* Exercise data

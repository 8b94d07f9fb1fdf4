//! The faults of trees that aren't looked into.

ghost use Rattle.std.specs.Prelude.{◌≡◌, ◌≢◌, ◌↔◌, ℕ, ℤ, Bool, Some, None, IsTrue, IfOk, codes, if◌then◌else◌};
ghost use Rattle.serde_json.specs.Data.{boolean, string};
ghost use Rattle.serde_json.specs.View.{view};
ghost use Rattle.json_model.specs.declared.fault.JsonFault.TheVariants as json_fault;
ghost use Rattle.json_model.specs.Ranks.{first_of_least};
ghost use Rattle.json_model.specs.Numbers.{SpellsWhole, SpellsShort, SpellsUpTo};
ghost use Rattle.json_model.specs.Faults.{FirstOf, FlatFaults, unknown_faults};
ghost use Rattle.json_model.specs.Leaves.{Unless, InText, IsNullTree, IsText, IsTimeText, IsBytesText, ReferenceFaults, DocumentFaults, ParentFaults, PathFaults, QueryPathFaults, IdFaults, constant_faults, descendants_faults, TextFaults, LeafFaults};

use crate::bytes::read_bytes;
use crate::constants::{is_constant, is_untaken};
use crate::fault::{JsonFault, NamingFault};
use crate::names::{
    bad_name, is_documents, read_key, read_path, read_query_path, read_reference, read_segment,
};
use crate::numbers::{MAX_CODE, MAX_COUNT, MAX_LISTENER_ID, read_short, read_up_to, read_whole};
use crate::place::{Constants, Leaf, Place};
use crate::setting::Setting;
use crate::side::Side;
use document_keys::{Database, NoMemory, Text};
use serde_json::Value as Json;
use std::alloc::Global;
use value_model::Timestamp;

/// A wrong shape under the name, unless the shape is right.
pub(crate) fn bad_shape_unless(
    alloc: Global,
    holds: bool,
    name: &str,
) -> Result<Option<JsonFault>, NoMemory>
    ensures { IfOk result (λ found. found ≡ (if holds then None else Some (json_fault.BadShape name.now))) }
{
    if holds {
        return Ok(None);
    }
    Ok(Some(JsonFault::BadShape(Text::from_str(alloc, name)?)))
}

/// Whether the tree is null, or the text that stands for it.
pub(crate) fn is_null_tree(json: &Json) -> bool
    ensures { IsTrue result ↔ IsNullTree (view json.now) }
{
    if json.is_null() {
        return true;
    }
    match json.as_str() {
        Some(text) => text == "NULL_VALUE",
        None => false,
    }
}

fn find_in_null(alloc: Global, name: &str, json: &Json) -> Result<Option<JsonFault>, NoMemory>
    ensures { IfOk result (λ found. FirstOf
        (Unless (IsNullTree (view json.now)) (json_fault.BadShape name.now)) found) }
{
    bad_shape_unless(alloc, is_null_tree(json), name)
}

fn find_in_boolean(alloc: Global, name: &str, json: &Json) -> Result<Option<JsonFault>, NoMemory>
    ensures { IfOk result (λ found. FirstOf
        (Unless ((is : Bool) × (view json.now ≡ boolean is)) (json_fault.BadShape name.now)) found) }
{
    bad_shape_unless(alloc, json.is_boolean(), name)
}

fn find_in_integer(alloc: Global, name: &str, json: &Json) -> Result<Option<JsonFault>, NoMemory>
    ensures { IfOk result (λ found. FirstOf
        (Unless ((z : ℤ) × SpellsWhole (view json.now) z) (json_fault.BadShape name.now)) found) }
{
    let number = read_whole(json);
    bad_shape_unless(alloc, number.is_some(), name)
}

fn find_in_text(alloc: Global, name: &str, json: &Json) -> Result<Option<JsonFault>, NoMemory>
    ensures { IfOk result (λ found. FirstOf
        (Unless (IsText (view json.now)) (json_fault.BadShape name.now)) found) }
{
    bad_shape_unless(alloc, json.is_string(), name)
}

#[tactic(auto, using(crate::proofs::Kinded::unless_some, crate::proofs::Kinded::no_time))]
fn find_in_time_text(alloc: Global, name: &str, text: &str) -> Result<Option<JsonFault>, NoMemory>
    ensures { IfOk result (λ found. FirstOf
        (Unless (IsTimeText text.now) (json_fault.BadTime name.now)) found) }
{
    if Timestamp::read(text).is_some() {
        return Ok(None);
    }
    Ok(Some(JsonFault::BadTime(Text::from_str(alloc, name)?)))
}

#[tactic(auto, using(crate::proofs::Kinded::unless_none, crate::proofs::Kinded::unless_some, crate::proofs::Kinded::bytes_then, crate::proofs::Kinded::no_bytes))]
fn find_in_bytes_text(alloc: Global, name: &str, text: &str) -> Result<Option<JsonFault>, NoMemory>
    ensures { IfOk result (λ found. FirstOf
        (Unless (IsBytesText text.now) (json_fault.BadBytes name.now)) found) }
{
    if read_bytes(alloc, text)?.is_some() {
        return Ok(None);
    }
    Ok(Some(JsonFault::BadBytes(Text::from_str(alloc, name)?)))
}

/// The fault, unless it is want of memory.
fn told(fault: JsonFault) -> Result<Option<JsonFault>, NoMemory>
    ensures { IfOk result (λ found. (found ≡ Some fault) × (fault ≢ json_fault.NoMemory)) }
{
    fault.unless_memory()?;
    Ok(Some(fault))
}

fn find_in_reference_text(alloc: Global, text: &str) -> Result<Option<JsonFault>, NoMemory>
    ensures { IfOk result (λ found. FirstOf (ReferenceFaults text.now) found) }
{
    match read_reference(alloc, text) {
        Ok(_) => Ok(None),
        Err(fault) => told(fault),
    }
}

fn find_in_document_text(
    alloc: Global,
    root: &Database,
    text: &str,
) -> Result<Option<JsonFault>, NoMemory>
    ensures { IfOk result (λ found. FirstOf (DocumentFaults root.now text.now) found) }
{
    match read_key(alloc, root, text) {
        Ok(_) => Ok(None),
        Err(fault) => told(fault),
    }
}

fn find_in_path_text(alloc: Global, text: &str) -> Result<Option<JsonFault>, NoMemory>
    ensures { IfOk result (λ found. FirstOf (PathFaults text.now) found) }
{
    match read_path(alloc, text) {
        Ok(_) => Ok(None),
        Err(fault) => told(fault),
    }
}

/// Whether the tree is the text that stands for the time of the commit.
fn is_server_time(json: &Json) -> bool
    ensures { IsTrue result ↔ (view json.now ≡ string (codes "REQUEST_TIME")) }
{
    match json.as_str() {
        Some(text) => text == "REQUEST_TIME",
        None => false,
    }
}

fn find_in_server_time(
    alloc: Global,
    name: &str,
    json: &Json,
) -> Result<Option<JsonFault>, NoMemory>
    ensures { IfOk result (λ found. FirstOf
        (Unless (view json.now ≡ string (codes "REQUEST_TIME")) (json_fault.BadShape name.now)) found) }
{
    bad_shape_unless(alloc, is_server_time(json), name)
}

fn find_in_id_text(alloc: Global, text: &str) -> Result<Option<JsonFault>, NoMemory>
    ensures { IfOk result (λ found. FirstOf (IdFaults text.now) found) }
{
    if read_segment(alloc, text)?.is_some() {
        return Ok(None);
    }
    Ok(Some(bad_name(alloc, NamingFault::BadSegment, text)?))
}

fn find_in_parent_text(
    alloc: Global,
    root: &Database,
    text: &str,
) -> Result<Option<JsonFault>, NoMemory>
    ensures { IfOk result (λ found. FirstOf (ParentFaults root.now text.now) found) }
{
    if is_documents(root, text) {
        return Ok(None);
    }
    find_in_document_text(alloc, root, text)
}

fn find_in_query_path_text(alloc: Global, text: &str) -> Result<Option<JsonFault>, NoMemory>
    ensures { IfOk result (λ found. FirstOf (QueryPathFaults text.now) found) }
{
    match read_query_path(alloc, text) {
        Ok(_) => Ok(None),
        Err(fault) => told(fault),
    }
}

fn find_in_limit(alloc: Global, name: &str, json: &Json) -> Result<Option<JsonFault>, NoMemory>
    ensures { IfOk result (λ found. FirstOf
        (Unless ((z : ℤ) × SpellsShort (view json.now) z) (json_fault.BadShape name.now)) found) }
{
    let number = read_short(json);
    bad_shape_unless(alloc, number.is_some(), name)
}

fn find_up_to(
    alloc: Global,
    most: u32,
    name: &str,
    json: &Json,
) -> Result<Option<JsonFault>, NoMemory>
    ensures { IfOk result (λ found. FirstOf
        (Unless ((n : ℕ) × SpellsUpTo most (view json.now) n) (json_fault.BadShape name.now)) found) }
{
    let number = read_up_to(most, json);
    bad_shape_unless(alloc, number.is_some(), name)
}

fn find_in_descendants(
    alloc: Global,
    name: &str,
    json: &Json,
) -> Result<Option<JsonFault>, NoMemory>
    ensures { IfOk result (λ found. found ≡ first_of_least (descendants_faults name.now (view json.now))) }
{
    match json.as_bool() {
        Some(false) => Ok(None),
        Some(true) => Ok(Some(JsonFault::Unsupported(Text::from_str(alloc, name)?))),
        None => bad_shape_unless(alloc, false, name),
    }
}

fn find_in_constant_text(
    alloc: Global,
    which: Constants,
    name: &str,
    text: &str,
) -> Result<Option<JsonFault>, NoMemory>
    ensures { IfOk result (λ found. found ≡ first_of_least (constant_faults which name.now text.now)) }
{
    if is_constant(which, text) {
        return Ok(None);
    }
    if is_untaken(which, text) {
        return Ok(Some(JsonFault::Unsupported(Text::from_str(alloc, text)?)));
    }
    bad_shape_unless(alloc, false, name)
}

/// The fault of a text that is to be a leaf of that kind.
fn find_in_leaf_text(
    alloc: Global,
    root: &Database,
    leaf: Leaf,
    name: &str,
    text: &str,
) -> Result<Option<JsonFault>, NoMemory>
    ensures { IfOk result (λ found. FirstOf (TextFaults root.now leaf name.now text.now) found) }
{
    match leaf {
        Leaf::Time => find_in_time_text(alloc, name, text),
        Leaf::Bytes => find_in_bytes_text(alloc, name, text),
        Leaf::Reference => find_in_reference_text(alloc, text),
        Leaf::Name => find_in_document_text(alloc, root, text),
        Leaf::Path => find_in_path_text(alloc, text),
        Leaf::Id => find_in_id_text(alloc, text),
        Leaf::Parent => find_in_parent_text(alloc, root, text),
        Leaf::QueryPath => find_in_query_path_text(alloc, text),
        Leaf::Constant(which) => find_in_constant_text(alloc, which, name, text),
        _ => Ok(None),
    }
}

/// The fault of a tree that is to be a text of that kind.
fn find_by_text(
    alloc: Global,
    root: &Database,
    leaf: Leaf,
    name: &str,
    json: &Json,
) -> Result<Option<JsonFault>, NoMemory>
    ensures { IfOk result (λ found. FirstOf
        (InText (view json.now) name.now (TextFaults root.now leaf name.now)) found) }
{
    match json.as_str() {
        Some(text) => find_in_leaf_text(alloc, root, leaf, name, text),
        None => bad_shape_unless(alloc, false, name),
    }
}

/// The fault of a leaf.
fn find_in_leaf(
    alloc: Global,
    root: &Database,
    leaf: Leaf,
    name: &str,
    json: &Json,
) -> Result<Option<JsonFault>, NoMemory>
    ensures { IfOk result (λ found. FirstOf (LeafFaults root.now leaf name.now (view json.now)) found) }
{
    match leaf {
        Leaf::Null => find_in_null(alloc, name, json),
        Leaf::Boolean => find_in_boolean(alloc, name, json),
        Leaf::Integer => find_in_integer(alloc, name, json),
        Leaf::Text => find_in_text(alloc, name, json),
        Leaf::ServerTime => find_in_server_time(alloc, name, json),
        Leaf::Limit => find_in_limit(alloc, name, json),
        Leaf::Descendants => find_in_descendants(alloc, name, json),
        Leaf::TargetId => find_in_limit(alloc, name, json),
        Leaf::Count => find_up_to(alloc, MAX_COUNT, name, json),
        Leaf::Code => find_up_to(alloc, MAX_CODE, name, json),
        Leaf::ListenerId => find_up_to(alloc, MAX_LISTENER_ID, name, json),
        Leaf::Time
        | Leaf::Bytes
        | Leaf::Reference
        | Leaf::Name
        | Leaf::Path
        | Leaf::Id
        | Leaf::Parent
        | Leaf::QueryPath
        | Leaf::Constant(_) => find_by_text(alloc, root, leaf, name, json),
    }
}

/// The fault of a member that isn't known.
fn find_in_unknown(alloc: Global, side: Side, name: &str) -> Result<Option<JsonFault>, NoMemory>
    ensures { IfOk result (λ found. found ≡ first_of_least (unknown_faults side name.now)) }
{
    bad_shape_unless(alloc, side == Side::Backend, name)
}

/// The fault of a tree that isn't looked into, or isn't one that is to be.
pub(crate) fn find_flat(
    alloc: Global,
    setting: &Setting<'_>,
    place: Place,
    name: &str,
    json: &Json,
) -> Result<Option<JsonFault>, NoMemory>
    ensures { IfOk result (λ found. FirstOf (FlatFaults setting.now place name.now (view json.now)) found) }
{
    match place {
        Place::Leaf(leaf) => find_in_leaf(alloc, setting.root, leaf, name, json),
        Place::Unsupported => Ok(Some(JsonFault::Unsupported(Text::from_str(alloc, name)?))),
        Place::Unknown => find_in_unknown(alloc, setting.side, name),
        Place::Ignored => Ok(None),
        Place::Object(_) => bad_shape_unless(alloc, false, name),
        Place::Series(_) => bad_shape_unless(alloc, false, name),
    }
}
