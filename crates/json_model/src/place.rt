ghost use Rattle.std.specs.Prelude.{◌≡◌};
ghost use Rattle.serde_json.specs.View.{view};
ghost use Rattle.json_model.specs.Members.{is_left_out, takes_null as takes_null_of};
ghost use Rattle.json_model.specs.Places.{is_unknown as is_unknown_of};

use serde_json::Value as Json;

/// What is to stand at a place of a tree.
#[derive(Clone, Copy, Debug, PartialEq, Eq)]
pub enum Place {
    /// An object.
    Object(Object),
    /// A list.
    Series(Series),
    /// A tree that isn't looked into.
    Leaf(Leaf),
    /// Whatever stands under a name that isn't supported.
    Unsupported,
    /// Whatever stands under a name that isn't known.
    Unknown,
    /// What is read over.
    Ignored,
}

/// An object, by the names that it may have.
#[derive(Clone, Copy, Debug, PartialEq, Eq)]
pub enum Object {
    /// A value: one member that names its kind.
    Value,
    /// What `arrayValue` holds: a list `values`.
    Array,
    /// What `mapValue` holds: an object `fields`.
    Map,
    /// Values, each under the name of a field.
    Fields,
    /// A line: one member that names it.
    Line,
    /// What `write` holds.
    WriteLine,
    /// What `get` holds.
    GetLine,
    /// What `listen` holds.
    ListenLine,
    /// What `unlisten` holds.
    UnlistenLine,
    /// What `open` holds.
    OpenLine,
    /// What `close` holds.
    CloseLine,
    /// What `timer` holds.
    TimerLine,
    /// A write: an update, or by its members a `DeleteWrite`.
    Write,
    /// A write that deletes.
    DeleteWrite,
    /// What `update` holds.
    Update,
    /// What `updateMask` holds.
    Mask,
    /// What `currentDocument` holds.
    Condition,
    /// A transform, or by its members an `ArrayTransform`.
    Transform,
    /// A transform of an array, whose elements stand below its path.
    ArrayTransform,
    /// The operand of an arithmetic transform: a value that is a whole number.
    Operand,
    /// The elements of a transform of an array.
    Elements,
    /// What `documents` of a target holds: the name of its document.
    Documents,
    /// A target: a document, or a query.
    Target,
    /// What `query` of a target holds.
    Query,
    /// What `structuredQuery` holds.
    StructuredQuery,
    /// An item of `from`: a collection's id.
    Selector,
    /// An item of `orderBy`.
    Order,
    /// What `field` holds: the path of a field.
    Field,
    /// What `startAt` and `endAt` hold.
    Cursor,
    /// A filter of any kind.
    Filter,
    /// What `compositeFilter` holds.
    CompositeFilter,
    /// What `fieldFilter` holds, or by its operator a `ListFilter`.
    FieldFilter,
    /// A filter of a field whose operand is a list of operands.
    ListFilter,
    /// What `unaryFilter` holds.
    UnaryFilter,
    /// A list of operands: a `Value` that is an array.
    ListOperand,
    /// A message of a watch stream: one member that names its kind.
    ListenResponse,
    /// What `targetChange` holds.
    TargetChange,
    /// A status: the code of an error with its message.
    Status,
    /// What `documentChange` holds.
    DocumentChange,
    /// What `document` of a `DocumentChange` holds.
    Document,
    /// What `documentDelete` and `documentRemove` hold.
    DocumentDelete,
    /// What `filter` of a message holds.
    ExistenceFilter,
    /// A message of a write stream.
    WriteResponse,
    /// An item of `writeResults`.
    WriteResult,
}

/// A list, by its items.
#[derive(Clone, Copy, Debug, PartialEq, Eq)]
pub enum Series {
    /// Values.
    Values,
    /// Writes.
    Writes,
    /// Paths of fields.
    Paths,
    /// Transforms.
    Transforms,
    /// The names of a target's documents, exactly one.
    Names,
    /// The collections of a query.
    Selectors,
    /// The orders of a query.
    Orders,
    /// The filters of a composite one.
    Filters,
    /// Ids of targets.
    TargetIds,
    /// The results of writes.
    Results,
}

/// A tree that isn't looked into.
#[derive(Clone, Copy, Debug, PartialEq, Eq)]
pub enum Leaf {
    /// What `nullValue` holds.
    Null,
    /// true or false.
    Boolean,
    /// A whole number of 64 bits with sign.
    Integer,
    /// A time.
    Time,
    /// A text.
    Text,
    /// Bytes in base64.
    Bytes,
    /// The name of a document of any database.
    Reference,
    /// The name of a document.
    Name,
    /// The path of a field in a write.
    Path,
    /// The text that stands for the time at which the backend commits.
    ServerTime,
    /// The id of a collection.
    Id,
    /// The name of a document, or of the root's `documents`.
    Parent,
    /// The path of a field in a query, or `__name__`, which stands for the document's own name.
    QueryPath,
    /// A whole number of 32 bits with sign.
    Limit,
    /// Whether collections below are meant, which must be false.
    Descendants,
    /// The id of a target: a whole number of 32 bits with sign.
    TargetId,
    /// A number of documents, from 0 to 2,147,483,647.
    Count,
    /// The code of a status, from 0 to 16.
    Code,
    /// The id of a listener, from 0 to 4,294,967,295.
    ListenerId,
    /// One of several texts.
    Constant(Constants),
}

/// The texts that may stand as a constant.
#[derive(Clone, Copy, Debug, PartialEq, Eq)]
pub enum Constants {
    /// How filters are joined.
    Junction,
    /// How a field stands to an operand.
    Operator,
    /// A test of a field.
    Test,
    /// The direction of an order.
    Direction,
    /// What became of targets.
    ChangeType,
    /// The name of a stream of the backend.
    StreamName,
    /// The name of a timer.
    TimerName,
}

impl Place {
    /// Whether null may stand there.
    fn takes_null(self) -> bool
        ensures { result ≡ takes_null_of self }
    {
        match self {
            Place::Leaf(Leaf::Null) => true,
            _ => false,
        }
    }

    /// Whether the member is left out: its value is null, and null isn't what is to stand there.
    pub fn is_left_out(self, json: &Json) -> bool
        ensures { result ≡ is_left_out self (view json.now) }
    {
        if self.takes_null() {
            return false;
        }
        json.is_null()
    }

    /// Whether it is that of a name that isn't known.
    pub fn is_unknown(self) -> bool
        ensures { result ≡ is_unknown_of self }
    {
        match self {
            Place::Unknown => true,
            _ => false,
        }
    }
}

* Aim of the exercise
Where the material contains a line with "ListFilter", return that line.

* Result of the task
    /// What `fieldFilter` holds, or by its operator a `ListFilter`.
    ListFilter,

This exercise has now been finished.